I know that there are some hogs just up the road in back of Allensville, near the cross creek general store. I hunt some land down there, and know some guys who have killed a few over the years. Double D ranch was offering some low priced hunts in their high fenced area just to get rid of them. My cousin took them up on the offer and had a good time. I think he paid 100 bucks.


----------



## harjo02 (Jul 26, 2006)

I suspect the closer you get to the Double D Ranch, the better you are. I've hunted the DD a couple of times and one of the employees there told me that every so often so local a$$hole will cut their fences and hogs and other stuff get out. The latest cut that I'm aware of was spring 2005 when it was under different management. 

Good luck.


----------



## pendragun1 (Apr 14, 2004)

well made it back home after the hunt, got stuck by a good 6 " snow storm , but trip was fun. didnt shoot any pigs, but did see 1 dead one in a truck outside lake hope on private property., and 1 gut pile in the forest hunting area. the pile had 5 baby pigs in it, kind of a bummer. ran into some people who said there are a ton of pigs around an airport somewhere by mac arthur. we are going back down to check this out.


----------



## Scaupstopper (May 26, 2005)

Dont know about Ohio, but they have them in Texas. Went last weekend to a friends lease and shot three. I was too sick to hunt all day, and cold have killed more if I were well I suspect.
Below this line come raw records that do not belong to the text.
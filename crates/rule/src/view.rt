// What stands at a row of a rule's table: the model's six cases, with the rows of the operands. An object is viewed by its mark.
ghost use Rattle.std.specs.Prelude.{[], ◌∷◌, ◌≡◌, Some, get_or};
ghost use Rattle.rule.specs.View.{within, view_of};
ghost use Rattle.rule.specs.Mark.{unmarked, bare_integer, plus_time_view, operands_views, marked_view, object_view};
ghost use Rattle.rule.specs.Contract.{ViewsAs};

use crate::mark::{mark_at, rows_of};
use crate::operand::{first_of, integer_of};
use crate::text::RuleText;
use keywords::Op;
use model::{Comparison, Domain, TimeUnit};
use table::node::{Node, Rows, next_row, node_at};
use table::row::Span;

// A boolean, an integer to which 2^53 was added, or where a string lies in the rule's strings.
#[derive(Clone, Copy)]
pub enum Literal {
    False,
    True,
    Integer(u64),
    String(Span),
}

// The outermost part of a rule: a literal; where a path's text lies; or an operation and its operands.
#[derive(Clone, Copy)]
pub enum View {
    Literal(Literal),
    Var(Span),
    If(Rows),
    And(Rows),
    Reduce(Rows),
    Apply(Op, Rows),
}

// What a row that holds no rule, and an object that has no mark, is viewed as.
const UNMARKED: View = View::Literal(Literal::False);

// The integer behind the first operand of `plusTime` and `extractFromUVCI`; 0 where none stands there.
fn bare_integer(rows: &[u8], q: Rows) -> u64
    ensures { result ≡ bare_integer rows.now q }
{
    integer_of(node_at(rows, next_row(rows, q.first))).unwrap_or(0)
}

fn plus_time_view(rows: &[u8], unit: TimeUnit, q: Rows) -> View
    ensures { result ≡ plus_time_view rows.now unit q }
{
    let amount = bare_integer(rows, q);
    View::Apply(Op::PlusTime { amount, unit }, first_of(q))
}

fn compare_view(domain: Domain, comparison: Comparison, q: Rows) -> View
    ensures { result ≡ View.Apply (Op.Compare domain comparison) q }
{
    View::Apply(Op::Compare { domain, comparison }, q)
}

// The view of operands with this mark. The table of `mark_of` read the other way: each way a `match` is plainest, since a mark tells no operands.
fn operands_view(rows: &[u8], mark: u8, q: Rows) -> View
    ensures { result ≡ get_or (operands_views rows.now q) mark unmarked }
{
    match mark {
        2 => View::If(q),
        3 => View::And(q),
        4 => View::Reduce(q),
        5 => View::Apply(Op::Equal, q),
        6 => View::Apply(Op::MemberOf, q),
        7 => View::Apply(Op::Plus, q),
        8 => View::Apply(Op::Not, q),
        9 => View::Apply(Op::DateOfBirth, q),
        10 => compare_view(Domain::OnIntegers, Comparison::Greater, q),
        11 => compare_view(Domain::OnIntegers, Comparison::Less, q),
        12 => compare_view(Domain::OnIntegers, Comparison::GreaterOrEqual, q),
        13 => compare_view(Domain::OnIntegers, Comparison::LessOrEqual, q),
        14 => compare_view(Domain::OnInstants, Comparison::Greater, q),
        15 => compare_view(Domain::OnInstants, Comparison::Less, q),
        16 => compare_view(Domain::OnInstants, Comparison::GreaterOrEqual, q),
        17 => compare_view(Domain::OnInstants, Comparison::LessOrEqual, q),
        18 => plus_time_view(rows, TimeUnit::Year, q),
        19 => plus_time_view(rows, TimeUnit::Month, q),
        20 => plus_time_view(rows, TimeUnit::Day, q),
        21 => plus_time_view(rows, TimeUnit::Hour, q),
        22 => View::Apply(Op::ExtractFromUvci(bare_integer(rows, q)), first_of(q)),
        _ => UNMARKED,
    }
}

// The view of a path with this mark.
fn path_view(mark: u8, s: Span) -> View
    ensures { result ≡ get_or (unmarked ∷ View.Var s ∷ []) mark unmarked }
{
    match mark {
        1 => View::Var(s),
        _ => UNMARKED,
    }
}

// The view of an object with this mark and this content.
fn marked_view(rows: &[u8], mark: u8, content: Node) -> View
    ensures { result ≡ marked_view rows.now mark content }
{
    match content {
        Node::String(s) => path_view(mark, s),
        Node::Array(q) => operands_view(rows, mark, q),
        _ => UNMARKED,
    }
}

// An array, where so many nestings are left.
fn array_view(q: Rows, deep: usize) -> View
    ensures { result ≡ view_of (within deep (Some (View.Apply Op.Array q))) }
{
    if deep == 0 {
        return UNMARKED;
    }
    View::Apply(Op::Array, q)
}

// An object by the mark of its row, where so many nestings are left.
fn object_view(rule_table: &[u8], row: usize, q: Rows, deep: usize) -> View
    ensures { result ≡ object_view rule_table.now row q deep }
{
    if deep == 0 {
        return UNMARKED;
    }
    let mark = mark_at(rule_table, row);
    let rows = rows_of(rule_table);
    marked_view(rows, mark, node_at(rows, q.first))
}

// The view of the rule in a row, if it nests no deeper than `deep`. A row that holds no such rule is viewed as the literal false.
pub fn view_at(text: RuleText, row: usize, deep: usize) -> View
    ensures { ViewsAs text.entry.table.now text.entry.strings.now row deep result }
{
    let node = node_at(rows_of(text.table), row);
    match node {
        Node::Null => UNMARKED,
        Node::False => View::Literal(Literal::False),
        Node::True => View::Literal(Literal::True),
        Node::Integer(n) => View::Literal(Literal::Integer(n)),
        Node::String(s) => View::Literal(Literal::String(s)),
        Node::Array(q) => array_view(q, deep),
        Node::Object(q) => object_view(text.table, row, q, deep),
    }
}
I can tell you this much, as the owner of the ranch told me, if he caught someone releasing hogs he would slit their throat. He couldnt believe it when I told him some people are importing them or cutting fences to let them out here in Ohio. 

After seeing the utter devastation they cause on the landscape I cant say I blame him a bit. We are lucky from what I have seen in Texas to not have very many here. On 1800 acres they killed over 200 a year for the last 10 years and cant keep them in check. In fact those hunting deer are required to kill 25 hogs before they shoot their first deer! THe owner used to graze over 100 head and never have to feed them. Now he is down to 30 and has to feed them year round because the hogs tear up all the pastures! The biggest problem is these hogs are truely wild, and very nomadic. The go from Ranch to ranch with no pattern (as there arent any high fences in the areas)

I went to help my friend with his quota  It was a lot of fun, I cant lie. It was free too! (except the airline ticket) The razorbacks down there are a little smarter than I figured them to be, and having been charged by one now I can tell you I would never bow hunt them!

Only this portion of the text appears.